Submission and Review Systems
Do not manage submissions via email. Use an established conference management system:
- EasyChair — the most widely used, free for standard use, reliable
- HotCRP — popular in computer science, strong reviewer assignment features
- Microsoft CMT — free, widely used by IEEE and ACM events
- OpenReview — increasingly common for open peer review, especially in machine learning
Configure the system at least two months before the submission deadline. Test it thoroughly — broken submission systems on the deadline day are catastrophic for your reputation.
Budget Planning
Conference budgets are driven by venue costs, catering, proceedings publication, invited speaker expenses, and administrative costs — offset by registration fees and sometimes sponsor revenue. Build a conservative budget:
- Estimate attendance pessimistically (50–60% of expected) for revenue calculations
- Add a 15% contingency buffer to all expense categories
- Set registration fees to cover costs even at minimum attendance
- Student registration fees are typically 40–60% of regular fees — budget for a substantial student proportion
- Secure institutional or sponsor support to cover fixed costs before the event, so you are not relying on registration revenue
Proceedings and Indexing
If your conference publishes proceedings, negotiate the publisher agreement well in advance. Common options:
- Springer LNCS / CCIS: Prestigious, Scopus and DBLP indexed, relatively strict acceptance and quality requirements
- IEEE Xplore: Standard for engineering and computer science, requires IEEE review process compliance
- ACM Digital Library: For ACM-affiliated events
- CEUR Workshop Proceedings: Free, open access, Scopus indexed — excellent for workshops and smaller events
Confirm indexing in writing before advertising it. Promising "proceedings will be submitted for Scopus indexing" is not the same as confirming they will be indexed.
Day-of Management
On the day, your job shifts from planning to problem-solving. Common issues and how to handle them:
- Presenter no-shows: Have a backup plan — a discussion session, a pre-recorded video, or simply moving to Q&A on previous talks.

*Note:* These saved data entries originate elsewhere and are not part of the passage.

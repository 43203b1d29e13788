// Runs the sheet on standard input, and prints the paper's lines of the run.
#![tactic(auto)]

ghost use Rattle.std.specs.Prelude.{◌≡◌, ◌*◌, ◌≤◌, ◌<◌, length};
ghost use Rattle.model.specs.Sheet as Sheet;
ghost use Rattle.model.specs.Refusals.{is_run};
ghost use Rattle.model.specs.Buffers.{record_length, revealed_length};
ghost use Rattle.figures.specs.Largest.{largest_sheet};
ghost use Rattle.machine.specs.Answers.{outcome_of};
ghost use Rattle.table.specs.Ample.{Everyone, Ample};

use costs::counts::Counts;
use machine::run;
use machine::run::Answer;
use report::lines;
use report::text::line;
use sheet::header;

// One byte more than the largest sheet has.
const BYTES_READ: usize = 59724;

// "a record of 10,850 numbers (7 shares of at most 1,024 + 16 + 510 openings) and a revealed list of 511, which no run outgrows"
const RECORD_LENGTH: usize = 10850;

const REVEALED_LENGTH: usize = 511;

const MOST_PARTIES: u8 = 7;

fn main() {
    let mut input = [0u8; BYTES_READ];
    let got = io::read_full(0, &mut input);
    run_read(&input, got);
}

// The bytes that were read. An input that is longer than what is read is longer than the largest sheet too, so that its first bytes have the whole
// input's answer: `cut` in crates/figures/specs/Largest.antt.
fn run_read(input: &[u8], got: usize)
    requires { (largest_sheet < length input.now) × (got ≤ length input.now) }
{
    run_sheet(&input[..got]);
}

fn run_sheet(s: &[u8]) {
    let mut log = [0u32; RECORD_LENGTH];
    let mut revealed = [0u32; REVEALED_LENGTH];
    run_lent(s, &mut log, &mut revealed);
}

fn run_lent(s: &[u8], log: &mut [u32], revealed: &mut [u32])
    requires { (record_length ≤ length log.old) × (revealed_length ≤ length revealed.old) }
{
    let answer = run_ample(s, log, revealed);
    let spent = answer.table.spent;
    let number = refusals::number(&answer.ended);
    if is_run(number) {
        run_lines(s, spent.counts, log, revealed);
    }
    lines::end(number, answer.place, spent.counts);
}

// "Program `table` takes everyone as present": the byte for the header's n. Where there is no such n, 1, 2 or 3 refuses, whatever the byte is.
fn everyone(s: &[u8]) -> u8
    ensures { Everyone s.now result }
{
    if s.len() < 2 || s[1] > MOST_PARTIES {
        return 0;
    }
    presence::everyone(usize::from(s[1]))
}

// The run with buffers that none outgrows.
fn run_ample(s: &[u8], log: &mut [u32], revealed: &mut [u32]) -> Answer
    requires { (record_length ≤ length log.old) × (revealed_length ≤ length revealed.old) }
    ensures { Ample s.now log.old revealed.old (outcome_of result log.new revealed.new) }
{
    run::run(s, everyone(s), log, revealed)
}

// Whether the sheet is run. "When the input is refused only the last line is printed."
#[tactic(auto, unfolding(model::specs::Refusals::is_run))]
fn is_run(number: u32) -> bool
    ensures { result ≡ is_run number }
{
    number == 0 || number >= 21
}

// The lines before the last of a sheet that is run, which has a header.
fn run_lines(s: &[u8], spent: Counts, log: &[u32], revealed: &[u32])
    requires { (spent.openings * (Sheet.header_of s.now).n ≤ length log.now) × (spent.revealed ≤ length revealed.now) }
{
    let Ok(f) = header::read_header(s) else {
        return;
    };
    line(format_args!("field {} parties {} threshold {}", f.p, f.n, f.t));
    lines::opened(f.n, spent.openings, log);
    lines::revealed(u32::from(s[0]), spent.revealed, revealed);
}
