impl Elements {
    /// No element. Takes no memory.
    pub fn new(alloc: Global) -> Elements
        // There is no element.
        ensures none { views result ≡ [] }
        // Each number of the set has its value, and each byte of the buffer belongs to a value.
        ensures whole { IsWhole result }
        // The set has exactly the numbers of the elements.
        ensures numbered { IsNumbered result }
    {
        Elements {
            values: Vec::new(alloc),
            ends: Vec::new(alloc),
            numbers: Bitmap::new(),
        }
    }

    /// No element, and room for some.
    pub fn with_room(alloc: Global, elements: usize, bytes: usize) -> Result<Elements, AllocError>
        // Memory aside, each number has its value, and each byte of the buffer belongs to a value.
        ensures whole { IfOk result IsWhole }
        // Memory aside, the set has exactly the numbers of the elements.
        ensures numbered { IfOk result IsNumbered }
        // Memory aside, there is no byte of a value, and no end of one.
        ensures empty { IfOk result (λ made. IsMadeOf made [] []) }
        // Memory aside, there is room for the ends of so many values.
        ensures ends_room { IfOk result (λ made. elements ≤ vec_capacity made.ends) }
        // Memory aside, there is room for so many bytes of values.
        ensures values_room { IfOk result (λ made. bytes ≤ vec_capacity made.values) }
    {
        let values = Vec::with_capacity(alloc, bytes)?;
        let ends = Vec::with_capacity(alloc, elements)?;
        let numbers = Bitmap::new();
        Ok(Elements {
            values,
            ends,
            numbers,
        })
    }

    /// Drops all elements. The memory that was there is kept.
    #[inline(always)]
    pub fn clear(&mut self)
        // Then each number has its value, and each byte of the buffer belongs to a value.
        ensures whole { IsWhole self.new }
        // Then the set has exactly the numbers of the elements.
        ensures numbered { IsNumbered self.new }
        // No byte of a value is left, and no end of one.
        ensures empty { IsMadeOf self.new [] [] }
    {
        self.values.clear();
        self.ends.clear();
        self.numbers = Bitmap::new();
    }

    /// Drops all elements and makes room for some. The memory that was there is kept, and is enough where it has the room.
    pub fn start_over(&mut self, elements: usize, bytes: usize) -> Result<(), AllocError>
        // Then each number has its value, and each byte belongs to a value, also without memory.
        ensures whole { IsWhole self.new }
        // Then the set has exactly the numbers of the elements, also without memory.
        ensures numbered { IsNumbered self.new }
        // No byte of a value is left, and no end of one, also without memory.
        ensures empty { IsMadeOf self.new [] [] }
    {
        self.clear();
        self.values.reserve(bytes)?;
        self.ends.reserve(elements)?;
        Ok(())
    }

    /// The value of an element, if it is there: the set of numbers tells this at once.
    pub fn get(&self, n: u8) -> Option<&[u8]>
        // Each number has an end, and every byte belongs to a value.
        requires whole { IsWhole self.now }
        // The set has exactly the numbers of the elements.
        requires numbered { IsNumbered self.now }
        ensures { MatchOption result (value_in (views self.now) n ≡ None)
            (λ v. value_in (views self.now) n ≡ Some v.now) }
    {
        if !self.numbers.has(n) {
            return None;
        }
        let at = self.numbers.count_below(n);
        let start = start_of(&self.ends, at);
        Some(&self.values[start..self.ends[at]])
    }

    /// Makes the bytes behind the last value and so many more, which are still to be copied, the value of the next element.
    #[inline(always)]
    pub fn close_behind(&mut self, waiting: usize) -> Result<(), AllocError>
        // The bytes of all values can be counted.
        requires { length self.old.values.items + waiting < 2 ^ 64 }
        // Memory aside, one value more ends behind those bytes; other ends and the bytes stay.
        ensures ok { OnOk result (IsMadeOf self.new (self.old.ends.items
            ++ (length self.old.values.items + waiting) ∷ []) self.old.values.items) }
        // Without memory the numbers, the ends and the bytes are as before.
        ensures err { OnErr result (IsSame self.old self.new) }
        // The set of numbers stays as it was, with and without memory.
        ensures numbers { self.new.numbers ≡ self.old.numbers }
    {
        let end = self.values.len() + waiting;
        self.ends.push(end)?;
        Ok(())
    }

    /// Makes the bytes behind the last value the value of the next element. Whoever reads all elements of a message knows
    /// the set of their numbers, and puts it there first.
    pub fn close(&mut self) -> Result<(), AllocError>
        // Memory aside, one value more ends where the bytes end; other ends and the bytes stay.
        ensures ok { OnOk result (IsMadeOf self.new
            (self.old.ends.items ++ length self.old.values.items ∷ []) self.old.values.items) }
        // Without memory the numbers, the ends and the bytes are as before.
        ensures err { OnErr result (IsSame self.old self.new) }
        // The set of numbers stays as it was, with and without memory.
        ensures numbers { self.new.numbers ≡ self.old.numbers }
    {
        self.ends.push(self.values.len())?;
        Ok(())
    }

    /// Puts a value of a new element at its place.
    fn insert(&mut self, at: usize, start: usize, n: u8, value: &[u8]) -> Result<(), AllocError>
        requires place { at ≤ length self.old.ends.items }
        requires within { start ≤ length self.old.values.items }
        requires ends { Ascend start (drop at self.old.ends.items) (length self.old.values.items) }
        requires number { is_element n ≡ true }
        ensures ok { OnOk result (IsMadeOf self.new
            (take at self.old.ends.items
            ++ map (shifted_end 0 (length value.now)) (start ∷ drop at self.old.ends.items))
            (take start self.old.values.items ++ (value.now ++ drop start self.old.values.items))) }
        ensures err { OnErr result (IsSame self.old self.new) }
        ensures numbers { OnOk result (Adds self.old.numbers self.new.numbers n) }
    {
        self.ends.reserve(1)?;
        self.values.reserve(value.len())?;
        paste(&mut self.values, start, value);
        self.ends.insert(at, start).unwrap();
        move_later(&mut self.ends, at, 0, value.len());
        self.numbers.set(n);
        Ok(())
    }

    /// Puts a value in place of the one that is there.
    fn replace(
        &mut self,
        at: usize,
        start: usize,
        len: usize,
        value: &[u8],
    ) -> Result<(), AllocError>
        requires place { at ≤ length self.old.ends.items }
        requires within { start + len ≤ length self.old.values.items }
        requires ends { Ascend (start + len) (drop at self.old.ends.items)
            (length self.old.values.items) }
        ensures ok { OnOk result (IsMadeOf self.new
            (take at self.old.ends.items
            ++ map (shifted_end len (length value.now)) (drop at self.old.ends.items))
            (take start self.old.values.items
            ++ (value.now ++ drop (start + len) self.old.values.items))) }
        ensures err { OnErr result (IsSame self.old self.new) }
        ensures kept { self.new.numbers ≡ self.old.numbers }
    {
        self.values.reserve(value.len().saturating_sub(len))?;
        cut(&mut self.values, start, len);
        paste(&mut self.values, start, value);
        move_later(&mut self.ends, at, len, value.len());
        Ok(())
    }

    /// Adds an element behind the others.
    pub fn append(&mut self, n: u8, value: &[u8]) -> Result<(), AllocError>
        // The number is one that an element may have: 2 to 64 or 66 to 128.
        requires number { is_element n ≡ true }
        // Each number of the set has its value, and each byte of the buffer belongs to a value.
        requires whole { IsWhole self.old }
        // The set has exactly the numbers of the elements.
        requires numbered { IsNumbered self.old }
        // Each element that is there has a lower number.
        requires behind { IsBelow n (views self.old) }
        // Memory aside, the element stands behind the others, and these stay.
        ensures ok { OnOk result (views self.new ≡ views self.old ++ (n, value.now) ∷ []) }
        // Then each number has its value, and each byte belongs to a value, also without memory.
        ensures whole { IsWhole self.new }
        // Then the set has exactly the numbers of the elements, also without memory.
        ensures numbered { IsNumbered self.new }
        // Without memory the numbers, the ends and the bytes are as before.
        ensures err { OnErr result (IsSame self.old self.new) }
    {
        let from = self.values.len();
        self.values.extend_from_slice(value)?;
        match self.close() {
            Ok(()) => {
                self.numbers.set(n);
                Ok(())
            }
            Err(fault) => {
                self.values.truncate(from);
                Err(fault)
            }
        }
    }

    /// Puts a value at its number, in place of the one that was there.
    pub fn put(&mut self, n: u8, value: &[u8]) -> Result<(), AllocError>
        // The number is one that an element may have: 2 to 64 or 66 to 128.
        requires number { is_element n ≡ true }
        // Each number of the set has its value, and each byte of the buffer belongs to a value.
        requires whole { IsWhole self.old }
        // The elements stand in ascending order, with numbers that elements may have.
        requires ascending { IsAscending 2 (views self.old) }
        // The set has exactly the numbers of the elements.
        requires numbered { IsNumbered self.old }
        // Memory aside, the element has that value, at its place in the order; the others stay.
        ensures ok { OnOk result (views self.new ≡ put n value.now (views self.old)) }
        // Then each number has its value, and each byte belongs to a value, also without memory.
        ensures whole { IsWhole self.new }
        // Then the set has exactly the numbers of the elements, also without memory.
        ensures numbered { IsNumbered self.new }
        // Without memory the numbers, the ends and the bytes are as before.
        ensures err { OnErr result (IsSame self.old self.new) }
    {
        let at = self.numbers.count_below(n);
        let start = start_of(&self.ends, at);
        if self.numbers.has(n) {
            let len = self.ends[at] - start;
            self.replace(at, start, len, value)
        } else {
            self.insert(at, start, n, value)
        }
    }

    /// Removes an element, and tells whether it was there. Takes no memory.
    pub fn remove(&mut self, n: u8) -> bool
        // Each number of the set has its value, and each byte of the buffer belongs to a value.
        requires whole { IsWhole self.old }
        // The elements stand in ascending order, with numbers that elements may have.
        requires ascending { IsAscending 2 (views self.old) }
        // The set has exactly the numbers of the elements.
        requires numbered { IsNumbered self.old }
        // True comes exactly where the element was there.
        ensures found { result ≡ has (views self.old) n }
        // The element isn't there any more, and the others stay in their order.
        ensures left { views self.new ≡ without n (views self.old) }
        // Then each number has its value, and each byte of the buffer belongs to a value.
        ensures whole { IsWhole self.new }
        // Then the set has exactly the numbers of the elements.
        ensures numbered { IsNumbered self.new }
    {
        if !self.numbers.has(n) {
            return false;
        }
        let at = self.numbers.count_below(n);
        let start = start_of(&self.ends, at);
        let len = self.ends.remove(at) - start;
        cut(&mut self.values, start, len);
        move_later(&mut self.ends, at, len, 0);
        self.numbers.unset(n);
        true
    }

    /// Whether these are the same values, whatever their numbers.
    fn has_values_of(&self, other: &Elements) -> bool
        ensures { IsTrue result ↔ IsMadeOf self.now other.now.ends.items other.now.values.items }
    {
        same_ends(&self.ends, &other.ends) && same_bytes(&self.values, &other.values)
    }

    /// Whether these are the same elements.
    pub fn equals(&self, other: &Elements) -> bool
        // Each number has an end, and every byte belongs to a value.
        requires whole { IsWhole self.now }
        // The set has exactly the numbers of the elements.
        requires numbered { IsNumbered self.now }
        // Each number of the other set has an end, and every byte there belongs to a value.
        requires other_whole { IsWhole other.now }
        // The other set has exactly the numbers of the other elements.
        requires other_numbered { IsNumbered other.now }
        ensures { IsTrue result ↔ (views self.now ≡ views other.now) }
    {
        self.numbers.equals(&other.numbers) && self.has_values_of(other)
    }
}
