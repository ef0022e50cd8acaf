// Answers as numbers, for hosts that know no enum.
ghost use Rattle.std.specs.Prelude.{◌≡◌};
ghost use Rattle.arithmetic.specs.Constants.{n0};
ghost use Rattle.calls.specs.Calls.{as_reply};
ghost use Rattle.host_answers.specs.Answer as spec;

use calls::Reply;
use guidance::plane::{Answer, LateralLaw, VerticalLaw};
use laws::config::InvalidConfig;
use laws::types::Setpoint;
use refusals::Refusal;

// refusal: 0 or the refusal's number; field: of number 1, the failing field; setpoint: 0 none, 1 plane, 2 plane rate;
// lateral: 0 none, 1 track, 2 loiter, 3 idle; vertical: 0 none, 1 energy, 2 hold, 3 fallback; yaw is +0 in a plane setpoint;
// cross_track_m: of a waypoint the distance off its line, right positive, else +0; next: the place after the record, 0 where
// no record was read.
#[repr(C)]
#[derive(Clone, Copy, Default)]
pub struct RunAnswer {
    pub refusal: u32,
    pub field: u32,
    pub setpoint: u32,
    pub lateral: u32,
    pub vertical: u32,
    pub roll: f32,
    pub pitch: f32,
    pub yaw: f32,
    pub thrust: f32,
    pub cross_track_m: f32,
    pub next: usize,
}

// A configuration that is refused, with its failing field.
#[tactic(auto, unfolding(crate::specs::Answer::bare))]
pub fn of_invalid(invalid: InvalidConfig, next: usize) -> RunAnswer
    ensures { result ≡ spec.bare 1 invalid.field next }
{
    RunAnswer {
        // `Refusal` has all numbers but a configuration's.
        refusal: 1,
        field: invalid.field,
        next,
        ..RunAnswer::default()
    }
}

// A match, here and below: neither the law nor u32 is of this crate, so that no From can be written, and 0 stands for no law.
fn lateral_number(law: LateralLaw) -> u32
    ensures { result ≡ spec.lateral_number law }
{
    match law {
        LateralLaw::Track => 1,
        LateralLaw::Loiter => 2,
        LateralLaw::Idle => 3,
    }
}

fn vertical_number(law: VerticalLaw) -> u32
    ensures { result ≡ spec.vertical_number law }
{
    match law {
        VerticalLaw::Energy => 1,
        VerticalLaw::Hold => 2,
        VerticalLaw::Fallback => 3,
    }
}

// A setpoint's answer, without a waypoint's laws and distance.
fn of_setpoint(setpoint: Setpoint, next: usize) -> RunAnswer
    ensures { result ≡ spec.of_setpoint setpoint 0 0 n0 next }
{
    match setpoint {
        Setpoint::Plane {
            roll_rad,
            pitch_rad,
            thrust,
        } => RunAnswer {
            setpoint: 1,
            roll: roll_rad,
            pitch: pitch_rad,
            thrust,
            next,
            ..RunAnswer::default()
        },
        Setpoint::PlaneRate {
            roll_radps,
            pitch_radps,
            yaw_radps,
            thrust,
        } => RunAnswer {
            setpoint: 2,
            roll: roll_radps,
            pitch: pitch_radps,
            yaw: yaw_radps,
            thrust,
            next,
            ..RunAnswer::default()
        },
    }
}

// No From here and in `of_invalid` and `of_reply`: the place after the record is no part of what they answer, so that a From would
// take a pair, made at each call.
#[tactic(auto, unfolding(crate::specs::Answer::bare))]
pub fn of_answer(answer: Result<Answer, Refusal>, next: usize) -> RunAnswer
    ensures { result ≡ spec.of_answer answer next }
{
    match answer {
        Err(why) => RunAnswer {
            refusal: why.number(),
            next,
            ..RunAnswer::default()
        },
        Ok(Answer::Commanded(setpoint)) => of_setpoint(setpoint, next),
        Ok(Answer::Waypoint(w)) => RunAnswer {
            lateral: lateral_number(w.laws.lateral),
            vertical: vertical_number(w.laws.vertical),
            cross_track_m: w.cross_track_m,
            ..of_setpoint(w.setpoint, next)
        },
    }
}

#[tactic(auto, unfolding(crate::specs::Answer::bare))]
pub fn of_reply(reply: Reply, next: usize) -> RunAnswer
    ensures { result ≡ spec.of_reply (as_reply reply) next }
{
    match reply {
        Some(answer) => of_answer(answer, next),
        None => RunAnswer {
            next,
            ..RunAnswer::default()
        },
    }
}
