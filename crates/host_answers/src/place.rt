// What a writer of a record answers to a host.
ghost use Rattle.std.specs.Prelude.{◌≡◌};
ghost use Rattle.host_answers.specs.Place as spec;

use refusals::Refusal;

// For C. refusal: 0 or the refusal's number; next: the place after the record, 0 where there is none.
#[repr(C)]
#[derive(Clone, Copy)]
pub struct Place {
    pub refusal: u32,
    pub next: usize,
}

impl From<Result<usize, Refusal>> for Place {
    ghost from_gives = { λ written p. p ≡ spec.place_of written };

    fn from(written: Result<usize, Refusal>) -> Place {
        match written {
            Ok(next) => Place { refusal: 0, next },
            Err(why) => Place {
                refusal: why.number(),
                next: 0,
            },
        }
    }
}
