// Answers as numbers, for every function that a host calls.
#![tactic(auto)]

pub mod answer;
pub mod place;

- AV failures: Confirm the venue has on-site technical support and their contact number is in your phone.
- Registration queue overload: Pre-print name badges in alphabetical order; have enough staff at the registration desk for peak arrival times (30–60 minutes before the first session).
- Catering delays: Build 10-minute buffers into coffee breaks and lunches rather than scheduling back-to-back.
After the Conference
Within two weeks of the event:
- Send thank-you emails to PC members, volunteers, and keynote speakers
- Publish proceedings (if not already live)
- Send a post-conference survey to attendees — this data is invaluable for future editions
- Write a brief post-mortem document noting what worked, what failed, and what to change next time
Organising a conference is exhausting and deeply rewarding. The research community relies on organisers who give their time to create spaces for knowledge exchange. When it goes well — and with enough preparation, it will — the experience is one of the most professionally satisfying of an academic career.